Я попытался засмеяться, хоть было не до смеха.
— По вашему отношению к моей рукописи не видно, Александр Трифонович, что вы очень меня цените.
— Очень даже видно, и вы сейчас сами это поймете. Знаете, в чем разница между ремесленником и мастером? Ремесленник, если труд не удался, говорит себе: «Черт с ним, не вышло — брошу эту работу, начну другую, та наверняка будет лучше». А мастер, если не получилось, что нужно, сердится, бесится, ругается, впадает в отчаяние, но все снова и снова возвращается к неудавшейся вещи, все снова и снова переделывает ее — и не отступится, пока не сделает, как задумано. Зачем вы стараетесь казаться ремесленником?

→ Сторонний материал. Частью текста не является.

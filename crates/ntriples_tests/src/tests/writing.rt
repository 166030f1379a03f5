use base_tests::making::{blank, iri, literal};
use ntriples_io::{read_ntriples, write_graph, write_term, write_triple};
use rdf_terms::vocab::{rdf, xsd};
use rdf_terms::{Bytes, Graph, OutOfMemory, Scope, Term, Text, Triple, Triples};
use std::alloc::Global;
use std::process::Abort;
use std::test::Fail;

/// The line of a triple with an object that is spelled so.
fn line_with(alloc: Global, spelled: &str) -> Result<Bytes, OutOfMemory> {
    let mut line = Bytes::new(alloc);
    line.append(b"<http://example.org/s> <http://example.org/p> ")?;
    line.append(spelled.as_bytes())?;
    line.append(b" .\n")?;
    Ok(line)
}

fn triple_with(alloc: Global, object: Term) -> Result<Triple, OutOfMemory> {
    let subject = Text::from_str(alloc, "http://example.org/s")?;
    let predicate = Text::from_str(alloc, "http://example.org/p")?;
    Ok(Triple {
        subject: Term::Iri(subject),
        predicate: Term::Iri(predicate),
        object,
    })
}

/// The triple is written as the line, which is read as a graph of this triple alone.
fn expect_line(
    rt: &impl Abort,
    alloc: Global,
    triple: &Triple,
    line: &[u8],
) -> Result<Graph, Fail> {
    let written = write_triple(alloc, triple)?;
    assert_eq!(rt; written.as_slice(), line);
    let graph = read_ntriples(alloc, Scope::Data, line)?;
    assert_eq!(rt; graph.len(), 1);
    assert!(rt; graph.contains(triple));
    Ok(graph)
}

/// The term is spelled so, and the line and the graph of a triple with it are read back.
fn expect_object(rt: &impl Abort, alloc: Global, object: Term, spelled: &str) -> Result<(), Fail> {
    let written = write_term(alloc, &object)?;
    assert_eq!(rt; written.as_slice(), spelled.as_bytes());
    let line = line_with(alloc, spelled)?;
    let triple = triple_with(alloc, object)?;
    let graph = expect_line(rt, alloc, &triple, line.as_slice())?;
    let written = write_graph(alloc, &graph)?;
    assert_eq!(rt; written.as_slice(), line.as_slice());
    Ok(())
}

#[test]
fn strings_are_written_and_read_back(rt: HostRuntime) -> Result<(), Fail> {
    let alloc = rt.alloc();
    for (lexical, spelled) in [
        ("", "\"\""),
        ("say \"no\"", "\"say \\\"no\\\"\""),
        ("C:\\u0041", "\"C:\\\\u0041\""),
        ("a\nb\r\nc\r", "\"a\\nb\\r\\nc\\r\""),
        // control characters that need no escape stay as they are
        (
            "\t\u{8}\u{c}\u{0}\u{1f}\u{7f}\u{85}",
            "\"\t\u{8}\u{c}\u{0}\u{1f}\u{7f}\u{85}\"",
        ),
        // characters of one to four bytes
        (
            "z\u{a2}\u{20ac}\u{10348}\u{10ffff}",
            "\"z\u{a2}\u{20ac}\u{10348}\u{10ffff}\"",
        ),
        (" <a> _:b 'c' . # d", "\" <a> _:b 'c' . # d\""),
    ] {
        expect_object(
            &rt,
            alloc,
            literal(alloc, lexical, xsd::STRING, None)?,
            spelled,
        )?;
    }
    Ok(())
}

#[test]
fn datatypes_and_tags_are_written_and_read_back(rt: HostRuntime) -> Result<(), Fail> {
    let alloc = rt.alloc();
    for (datatype, spelled) in [
        (xsd::STRING, "\"1\""),
        (
            xsd::INTEGER,
            "\"1\"^^<http://www.w3.org/2001/XMLSchema#integer>",
        ),
        ("urn:t\u{e9}#", "\"1\"^^<urn:t\u{e9}#>"),
    ] {
        expect_object(&rt, alloc, literal(alloc, "1", datatype, None)?, spelled)?;
    }
    for (tag, spelled) in [
        ("fr", "\"chat\"@fr"),
        ("zh-hant-1606nict", "\"chat\"@zh-hant-1606nict"),
    ] {
        expect_object(
            &rt,
            alloc,
            literal(alloc, "chat", rdf::LANG_STRING, Some(tag))?,
            spelled,
        )?;
    }
    Ok(())
}

#[test]
fn nodes_are_written_and_read_back(rt: HostRuntime) -> Result<(), Fail> {
    let alloc = rt.alloc();
    for (name, spelled) in [
        (
            "http://example.org/a?b=c&d=%20#e",
            "<http://example.org/a?b=c&d=%20#e>",
        ),
        (
            "urn:\u{e9}\u{20ac}\u{10348}",
            "<urn:\u{e9}\u{20ac}\u{10348}>",
        ),
    ] {
        expect_object(&rt, alloc, iri(alloc, name)?, spelled)?;
    }
    for (label, spelled) in [
        ("b0", "_:b0"),
        ("0", "_:0"),
        ("a.b..c", "_:a.b..c"),
        (":a-b:", "_::a-b:"),
        ("\u{e9}\u{b7}\u{10348}", "_:\u{e9}\u{b7}\u{10348}"),
    ] {
        expect_object(&rt, alloc, blank(alloc, Scope::Data, label)?, spelled)?;
    }
    Ok(())
}

#[test]
fn scopes_are_not_written(rt: HostRuntime) -> Result<(), Fail> {
    let alloc = rt.alloc();
    let mut triples = Triples::new(alloc);
    for scope in [Scope::Shapes, Scope::Data] {
        let subject = Text::from_str(alloc, "b")?;
        let predicate = Text::from_str(alloc, "urn:p")?;
        let object = iri(alloc, "urn:o")?;
        triples.push(Triple::new(
            Term::Blank {
                scope,
                label: subject,
            },
            Term::Iri(predicate),
            object,
        ))?;
    }
    let written = write_graph(alloc, &Graph::from_triples(alloc, triples)?)?;
    assert_eq!(rt;
        written.as_slice(),
        b"_:b <urn:p> <urn:o> .\n_:b <urn:p> <urn:o> .\n".as_slice()
    );
    Ok(())
}

#[test]
fn any_term_is_written(rt: HostRuntime) -> Result<(), Fail> {
    let alloc = rt.alloc();
    let written = write_term(alloc, &iri(alloc, "a b>")?)?;
    assert_eq!(rt; written.as_slice(), b"<a b>>".as_slice());
    let written = write_term(alloc, &blank(alloc, Scope::Data, "a.")?)?;
    assert_eq!(rt; written.as_slice(), b"_:a.".as_slice());
    Ok(())
}
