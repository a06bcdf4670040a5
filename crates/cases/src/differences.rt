// Two diagrams compared: the reply, and of a witness, as it is handed out, its length, the replies of judge to it under the old
// and the new diagram, and its bytes where they are asked for.
use crate::{Case, STDOUT, ahead, behind, decode, pair};
use bench::{Bench, Replied, Reply};

// A colon, and bytes as pairs of hexadecimal digits, each behind a blank.
fn print_bytes(file: &[u8]) {
    io::write_all(STDOUT, b":");
    for b in file {
        io::write_all(STDOUT, b" ");
        io::print_hex(STDOUT, u64::from(*b), 2);
    }
}

// The number in a reply: a rule or a length; 0 where there is none.
fn number_in(r: Reply) -> usize {
    match r {
        Reply::Rule(n) => usize::from(n),
        Reply::Written(n) => n,
        _ => 0,
    }
}

// A file's length, and the lowest rule that it breaks under the old and under the new diagram.
fn print_witness(b: Bench, file: &[u8]) {
    let old = b.judge(0, file).reply;
    let new = b.judge(1, file).reply;
    io::write_all(STDOUT, b", ");
    io::print_decimal(STDOUT, file.len() as u64);
    io::write_all(STDOUT, b" bytes, old ");
    io::print_decimal(STDOUT, number_in(old) as u64);
    io::write_all(STDOUT, b", new ");
    io::print_decimal(STDOUT, number_in(new) as u64);
}

// What compare finds; a witness is handed out into space.
fn print_difference(b: Bench, bound: u8, bytes: bool, space: &mut [u8]) {
    let c = b.compare(bound);
    let Reply::Difference(n) = c.reply else {
        io::write_all(STDOUT, b"no difference");
        return;
    };
    io::write_all(STDOUT, b"difference ");
    io::print_decimal(STDOUT, u64::from(n));
    let found = c.bench;
    let written = found.hand_out(space).reply;
    let file = laws::front(space, number_in(written));
    print_witness(found, file);
    if bytes {
        print_bytes(file);
    }
}

// Loads the diagram whose file a row of pairs is.
fn load(b: Bench, place: u8, s: &[u8], space: &mut [u8]) -> Replied {
    let n = decode(s, space);
    b.load(place, laws::front(space, n))
}

// A bound and, each behind a slash, the old and the new diagram file.
pub fn run_compare(c: Case<'_>, bytes: bool, space: &mut [u8]) {
    let bound = pair(laws::byte(c.body, 1), laws::byte(c.body, 2));
    let files = behind(c.line, b'/');
    let b = bench::fresh();
    let old = load(b, 0, ahead(files), space);
    let new = load(old.bench, 1, behind(files, b'/'), space);
    if matches!((old.reply, new.reply), (Reply::Done, Reply::Done)) {
        c.print_name(b"compare, ");
        print_difference(new.bench, bound, bytes, space);
        io::write_all(STDOUT, b"\n");
    }
}
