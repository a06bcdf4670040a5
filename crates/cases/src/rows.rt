// A row of calls from the fresh bench: every byte of the room for replies afterwards. It holds EE everywhere before, so that what
// was not written shows; more than three equal bytes in a row are printed once, with a star and their number.
ghost use Rattle.std.specs.Prelude.{◌≤◌, length};

use crate::{Case, STDOUT, decode};

// How many bytes at the front are b.
fn alike(s: &[u8], b: u8) -> usize
    ensures { result ≤ length s.now }
{
    s.iter().position(|x| *x != b).unwrap_or(s.len())
}

fn print_runs(s: &[u8]) {
    let mut rest = s;
    while 0 < rest.len() {
        let b = laws::byte(rest, 0);
        let behind = laws::past(rest, 1);
        let k = alike(behind, b);
        io::write_all(STDOUT, b" ");
        io::print_hex(STDOUT, u64::from(b), 2);
        if 2 < k {
            io::write_all(STDOUT, b"*");
            io::print_decimal(STDOUT, alike(rest, b) as u64);
            rest = laws::past(behind, k);
        } else {
            rest = behind;
        }
    }
}

// The calls in bytes, and their replies.
pub fn run_row(c: Case<'_>, space: &mut [u8], replies: &mut [u8]) {
    let n = decode(c.body, space);
    replies.fill(0xEE);
    let m = replay::replay(laws::front(space, n), replies);
    c.print_name(b"row, ");
    io::print_decimal(STDOUT, m as u64);
    io::write_all(STDOUT, b":");
    print_runs(replies);
    io::write_all(STDOUT, b"\n");
}
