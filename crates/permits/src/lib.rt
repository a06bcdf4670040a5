// The associations that permit a link, by the tables of instances and of the ends' slots.
#![tactic(auto)]

ghost use Rattle.std.specs.Prelude.{◌≡◌, ◌<◌, ◌≤◌};
ghost use Rattle.laws.specs.Bounded.{any};
ghost use Rattle.permits.specs.Permits.{joins, permits_at};

use diagrams::Associations;
use laws::Mask;
use tables::{Roles, Tables};

// A link from an object to an object, of the role in a slot.
#[derive(Clone, Copy)]
pub struct Link {
    pub from: u8,
    pub slot: u8,
    pub to: u8,
    ghost bounds: { (from < 8) × (to < 8) },
}

// The associations of a diagram, with the tables of instances and of the ends' slots.
#[derive(Clone, Copy)]
pub struct Permits<'a> {
    pub associations: &'a Associations,
    pub tables: &'a Tables,
    ghost few: { associations.now.count ≤ 16 },
}

impl<'a> Permits<'a> {
    // Those that a record in memory is judged by.
    pub fn of(roles: &'a Roles<'a>) -> Self
        ensures associations { result.associations.now ≡ roles.now.diagram.now.stored.associations }
        ensures tables { result.tables.now ≡ roles.now.tables }
    {
        Permits {
            associations: &roles.diagram.stored.associations,
            tables: &roles.tables,
        }
    }

    // The link may be one of a side from end `from` to end `to`: its role is that of `to`, and its objects are instances of the two.
    #[tactic(auto, unfolding(laws::specs::Connective::both, crate::specs::Permits::joins))]
    fn is_joining(&self, link: Link, from: usize, to: usize) -> bool
        ensures { result ≡ joins self.now.associations.now.types self.now.tables.now.masks self.now.tables.now.slots link.slot link.from link.to from to }
    {
        let source = laws::byte(&self.associations.types, from);
        let target = laws::byte(&self.associations.types, to);
        laws::byte(&self.tables.slots, to) == link.slot
            && laws::byte(&self.tables.masks, usize::from(source)).has(link.from)
            && laws::byte(&self.tables.masks, usize::from(target)).has(link.to)
    }

    // Association a permits the link: by a side whose links are carried.
    #[tactic(auto, unfolding(laws::specs::Connective::both, laws::specs::Connective::either, crate::specs::Permits::permits_at))]
    fn is_permitting(&self, link: Link, a: usize) -> bool
        requires { a < 16 }
        ensures { result ≡ permits_at self.now.associations.now.arrows self.now.associations.now.types self.now.tables.now.masks self.now.tables.now.slots link.slot link.from link.to a }
    {
        let arrow = laws::byte(&self.associations.arrows, a);
        let left = a * 2;
        let right = a * 2 + 1;
        (arrows::carries_right(arrow) && self.is_joining(link, left, right))
            || (arrows::carries_left(arrow) && self.is_joining(link, right, left))
    }

    // One of the associations permits it.
    pub fn is_permitted(&self, link: Link) -> bool
        ensures { result ≡ any (permits_at self.now.associations.now.arrows self.now.associations.now.types self.now.tables.now.masks self.now.tables.now.slots link.slot link.from link.to) self.now.associations.now.count }
    {
        (0..self.associations.count).any(|a| self.is_permitting(link, a))
    }
}
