// Runs worked cases: each line of standard input asks for one, and each line of standard output is its reply.
// A line is a letter for what is asked, a blank, the case's name up to a colon, and bytes as pairs of hexadecimal digits, each
// behind a blank; where two files are asked for, a blank and a slash stand between them. Before two diagrams to compare stands
// the bound, one byte, with a blank and a slash behind it.
#![tactic(auto)]

mod differences; // differences.rt: two diagrams compared
mod rows; // rows.rt: a row of calls

ghost use Rattle.std.specs.Prelude.{◌≡◌, ◌<◌, ◌≤◌, length};

use fields::Refusal;

// Where the replies go, piece by piece with `io`: `print!` asks for a handle in every function and gives a Result that no one
// would read here.
const STDOUT: i32 = 1;

// How many bytes stand before the first b, or all. `rows` has the same with `!=`: one line each.
fn before(s: &[u8], b: u8) -> usize
    ensures { result ≤ length s.now }
{
    s.iter().position(|x| *x == b).unwrap_or(s.len())
}

// What a hexadecimal digit stands for; 0 for any other byte.
fn digit(b: u8) -> u8
    ensures { result < 16 }
{
    match b {
        b'0'..=b'9' => b - b'0',
        b'A'..=b'F' => b - b'A' + 10,
        _ => 0,
    }
}

fn pair(high: u8, low: u8) -> u8 {
    digit(high) * 16 + digit(low)
}

// How many pairs there are, at most what there is room for.
fn pairs(s: &[u8], out: &[u8]) -> usize
    ensures { (result ≤ length out.now) × (result ≤ length s.now) }
{
    (s.len() / 3).min(out.len())
}

// The bytes of a row of pairs at the front of out; how many they are. By index: of a slice that an adapter of `iter_mut` has written, as
// `zip`, the library says nothing, and its length is promised.
fn decode(s: &[u8], out: &mut [u8]) -> usize
    ensures { result ≤ length out.new }
{
    let n = pairs(s, out);
    let mut t = s;
    for i in 0..n {
        out[i] = pair(laws::byte(t, 1), laws::byte(t, 2));
        t = laws::past(t, 3);
    }
    n
}

// What stands behind the first b.
fn behind(s: &[u8], b: u8) -> &[u8] {
    laws::past(laws::past(s, before(s, b)), 1)
}

// What stands before the first slash.
fn ahead(s: &[u8]) -> &[u8] {
    laws::front(s, before(s, b'/'))
}

// A line: all of it, its letter, its name, and what stands behind the colon. Files are parted by the first slash of the line, a name's too.
#[derive(Clone, Copy)]
struct Case<'a> {
    line: &'a [u8],
    letter: u8,
    name: &'a [u8],
    body: &'a [u8],
}

impl<'a> Case<'a> {
    fn of(line: &'a [u8]) -> Self {
        Case {
            line,
            letter: laws::byte(line, 0),
            name: laws::past(laws::front(line, before(line, b':')), 2),
            body: behind(line, b':'),
        }
    }

    // Prints what is asked for and the case's name.
    fn print_name(&self, what: &[u8]) {
        io::write_all(STDOUT, what);
        io::write_all(STDOUT, self.name);
        io::write_all(STDOUT, b": ");
    }

    // The same with a number behind it, on a line. `as u64` loses nothing of a usize here and in the modules, and no From turns one into
    // it.
    fn say(&self, what: &[u8], reply: usize) {
        self.print_name(what);
        io::print_decimal(STDOUT, reply as u64);
        io::write_all(STDOUT, b"\n");
    }

    // What reading a file gave: its refusal, 0 where it is accepted.
    fn print_refusal<T: Copy>(&self, what: &[u8], r: Result<T, Refusal>) {
        self.say(
            what,
            r.err().map_or(0, |refusal| usize::from(refusal.number())),
        );
    }
}

// A diagram file, and its refusal.
fn run_diagram(c: Case<'_>, space: &mut [u8]) {
    let n = decode(c.body, space);
    c.print_refusal(b"diagram, ", loading::read_diagram(laws::front(space, n)));
}

// A record file, and its refusal.
fn run_record(c: Case<'_>, space: &mut [u8]) {
    let n = decode(c.body, space);
    c.print_refusal(b"record, ", checking::check_record(laws::front(space, n)));
}

// The replies of judge and evaluate to a record file under a diagram: 0 where it is refused; its refusal is what `run_record` prints.
fn print_replies(c: Case<'_>, d: diagrams::ReadDiagram, file: &[u8]) {
    let rule = judging::judge(d, file).unwrap_or(0);
    let first = evaluating::evaluate(d, file).unwrap_or(0);
    c.say(b"judge, ", usize::from(rule));
    c.say(b"evaluate, ", first);
}

// A diagram file and, behind a slash, a record file.
fn run_site(c: Case<'_>, space: &mut [u8], other: &mut [u8]) {
    let first = laws::past(ahead(c.line), before(c.line, b':'));
    let n = decode(laws::past(first, 1), space);
    let k = decode(behind(c.line, b'/'), other);
    if let Ok(d) = loading::read_diagram(laws::front(space, n)) {
        print_replies(c, d, laws::front(other, k));
    }
}

// A diagram file, the number of its compiled predicates, and their bytes, seven of each.
fn run_compile(c: Case<'_>, space: &mut [u8]) {
    let n = decode(c.body, space);
    if let Ok(d) = loading::read_diagram(laws::front(space, n)) {
        let compiled = compiling::compile(d);
        c.print_name(b"compile, ");
        io::print_decimal(STDOUT, compiled.number as u64);
        let list = compiled.list;
        for b in laws::front(&list, compiled.number.min(64) * 7) {
            io::write_all(STDOUT, b" ");
            io::print_decimal(STDOUT, u64::from(*b));
        }
        io::write_all(STDOUT, b"\n");
    }
}

// One line: a diagram file (D), a record file (R), a record file under a diagram (J), a diagram to compile (C), or two diagrams to
// compare (F), where there is only one witness also for its bytes (W), or a row of calls (B).
fn run(line: &[u8], space: &mut [u8], other: &mut [u8], replies: &mut [u8]) {
    let c = Case::of(line);
    match c.letter {
        b'D' => run_diagram(c, space),
        b'R' => run_record(c, space),
        b'C' => run_compile(c, space),
        b'J' => run_site(c, space, other),
        b'F' => differences::run_compare(c, false, space),
        b'W' => differences::run_compare(c, true, space),
        b'B' => rows::run_row(c, space, replies),
        _ => {}
    }
}

// All lines.
fn run_all(text: &[u8], space: &mut [u8], other: &mut [u8], replies: &mut [u8]) {
    for line in text.split(|b| *b == b'\n') {
        run(line, space, other, replies);
    }
}

// Room for standard input. The promise gives the length alone, which lending it as a slice needs: with the zeros in sight of `main` the
// check would count them.
fn room() -> [u8; 524288]
    ensures { 524288 ≡ length result }
{
    [0; 524288]
}

fn main() {
    let mut text = room();
    let n = io::read_full(0, &mut text);
    // Room for two files, and for the replies of a row of calls.
    let mut space = [0; 65536];
    let mut other = [0; 65536];
    let mut replies = [0; 262144];
    run_all(&text[..n], &mut space, &mut other, &mut replies);
}
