//! The bytes that were read and not yet taken, in a buffer of a fixed size, and where the first line among them ends.
//! The buffer is made once, and stands on the heap: a line may be longer than a stack has room.

ghost use Rattle.std.specs.Prelude.{◌≡◌, ℕ, ◌+◌, ◌-◌, ◌<◌, ◌≤◌, ◌==◌, List, [], ◌++◌, length, take, drop, slice_range, position, None, IfOk, OnOk, OnErr, true, false};
ghost use Rattle.std.specs.Io.KnownBytes.{Consumes, IsAtEnd, Keeps};

use crate::{Input, Source};
use memchr::memchr;
use std::alloc::{AllocError, Global};
use std::io;
use std::marker::Model;

/// A buffer of `N` bytes, as the bytes that it holds.
#[derive(Drop)]
pub struct LineBuffer<const N: usize> {
    bytes: Vec<u8>,
    start: usize,
    /// No line feed stands from `start` to here.
    searched: usize,
    end: usize,
}

impl<const N: usize> Model for LineBuffer<N> {
    ghost use Rattle.std.specs.Prelude.{◌≡◌, ℕ, ◌≤◌, ◌==◌, false, List, slice_range, vec_len, All};

    ghost Value = { List ℕ };

    ghost view = { λ b. slice_range b.bytes.items b.start b.end };

    ghost invariant = { λ b. (b.start ≤ b.searched) × (b.searched ≤ b.end) × (b.end ≤ N) × (vec_len b.bytes ≡ N)
        × All (λ x. (x == 10) ≡ false) (slice_range b.bytes.items b.start b.searched) };
}

/// The index of the first line feed.
fn line_feed_in(bytes: &[u8]) -> Option<usize>
    ensures { result ≡ position (λ b. b == 10) bytes.now }
{
    memchr(b'\n', bytes)
}

/// Copies the bytes from start to end to the front.
fn move_to_front(bytes: &mut [u8], start: usize, end: usize)
    requires ordered { start ≤ end }
    requires within { end ≤ length bytes.old }
    ensures { take (end - start) bytes.new ≡ slice_range bytes.old start end }
{
    if start > 0 {
        bytes.copy_within(start..end, 0);
    }
}

impl<const N: usize> LineBuffer<N> {
    /// The empty buffer.
    pub fn new(alloc: Global) -> Result<Self, AllocError>
        ensures { IfOk result (λ buffer. buffer ≡ []) }
    {
        Ok(LineBuffer {
            bytes: vec![in alloc; 0u8; N]?,
            start: 0,
            searched: 0,
            end: 0,
        })
    }

    /// The bytes that it holds.
    pub fn as_slice(&self) -> &[u8]
        ensures { result.now ≡ self.now }
    {
        &self.bytes.as_slice()[self.start..self.end]
    }

    /// Forgets the first bytes.
    pub fn skip(&mut self, count: usize)
        requires { count ≤ length self.old }
        ensures { self.new ≡ drop count self.old }
    {
        self.start += count;
        self.searched = self.start;
    }

    /// The index of the first line feed.
    pub fn line_feed_at(&self) -> Option<usize>
        ensures { result ≡ position (λ b. b == 10) self.now }
    {
        let index = line_feed_in(&self.bytes.as_slice()[self.searched..self.end])?;
        Some(self.searched - self.start + index)
    }

    /// Reads more bytes behind those that it holds, among which no line feed is, and says whether there were any.
    pub fn read_more<R: Source>(&mut self, input: &mut Input<R>) -> io::Result<bool>
        requires room { length self.old < N }
        requires whole { position (λ b. b == 10) self.old ≡ None }
        ensures ok { IfOk result (λ any. (more : List ℕ) × (self.new ≡ self.old ++ more)
            × Consumes input.old.remaining input.new.remaining more
            × (any ≡ true → 0 < length more)
            × (any ≡ false → (more ≡ []) × IsAtEnd input.new.remaining)) }
        ensures within { OnOk result (length self.new ≤ N) }
        ensures calm { OnOk result (input.new.failed ≡ input.old.failed) }
        ensures err { OnErr result (input.new.failed ≡ true) }
        ensures left { OnErr result (Keeps input.old.remaining input.new.remaining) }
    {
        let held = self.end - self.start;
        let bytes = self.bytes.as_mut_slice();
        move_to_front(bytes, self.start, self.end);
        self.start = 0;
        self.searched = held;
        self.end = held;
        let count = input.read(&mut bytes[held..])?;
        self.end = held + count;
        Ok(count > 0)
    }
}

Вы не ремесленник! Я не отдам вам рукопись, вы будете дорабатывать ее с Карагановой. И я уверен: после того как мы ее напечатаем, вы еще не раз вернетесь к ней, чтобы снова переделывать. И сколько раз будете перечитывать, столько раз будете изменять и улучшать. Видите, какое у меня высокое мнение о вас? Гораздо выше, чем у вас самого.
— Хорошо, согласен, — сказал я, — Буду работать с Любовью Григорьевной.
Абсолютно уверен, что мысли, высказанные Твардовским, родились не во время разговора со мной. На них лежала отчетливая печать долгих раздумий и неоднократно проверенной убежденности. Но они поразили меня пронзительной правотой. Я не был убежден, что Твардовский охарактеризовал меня правильно, но уже хотел, чтобы это было так. Почти тридцать лет прошло с того разговора, а он и сейчас живет во мне как радостное воспоминание, как некий, почти нравственный, закон писательской работы.
Мопассан как-то написал, что вся история человечества представляется ему набором хлестких фраз. Но великие слова не только отражают историю, но и создают ее. Множество событий мы воспринимаем сквозь призму фразформул. Лучше быть первым в деревне, чем вторым в Риме. Париж стоит мессы. Я стою здесь, я не могу иначе. Все погибло, государыня, кроме чести. Если в этой книге то же, что в коране, то она не нужна, если то, чего в коране нет, то она вредна. Жить работая — либо погибнуть сражаясь. Лучше ужасный конец, чем ужас без конца. Кто был ничем, тот станет всем. Пусть гибнут люди, принципы остаются. Помни о смерти.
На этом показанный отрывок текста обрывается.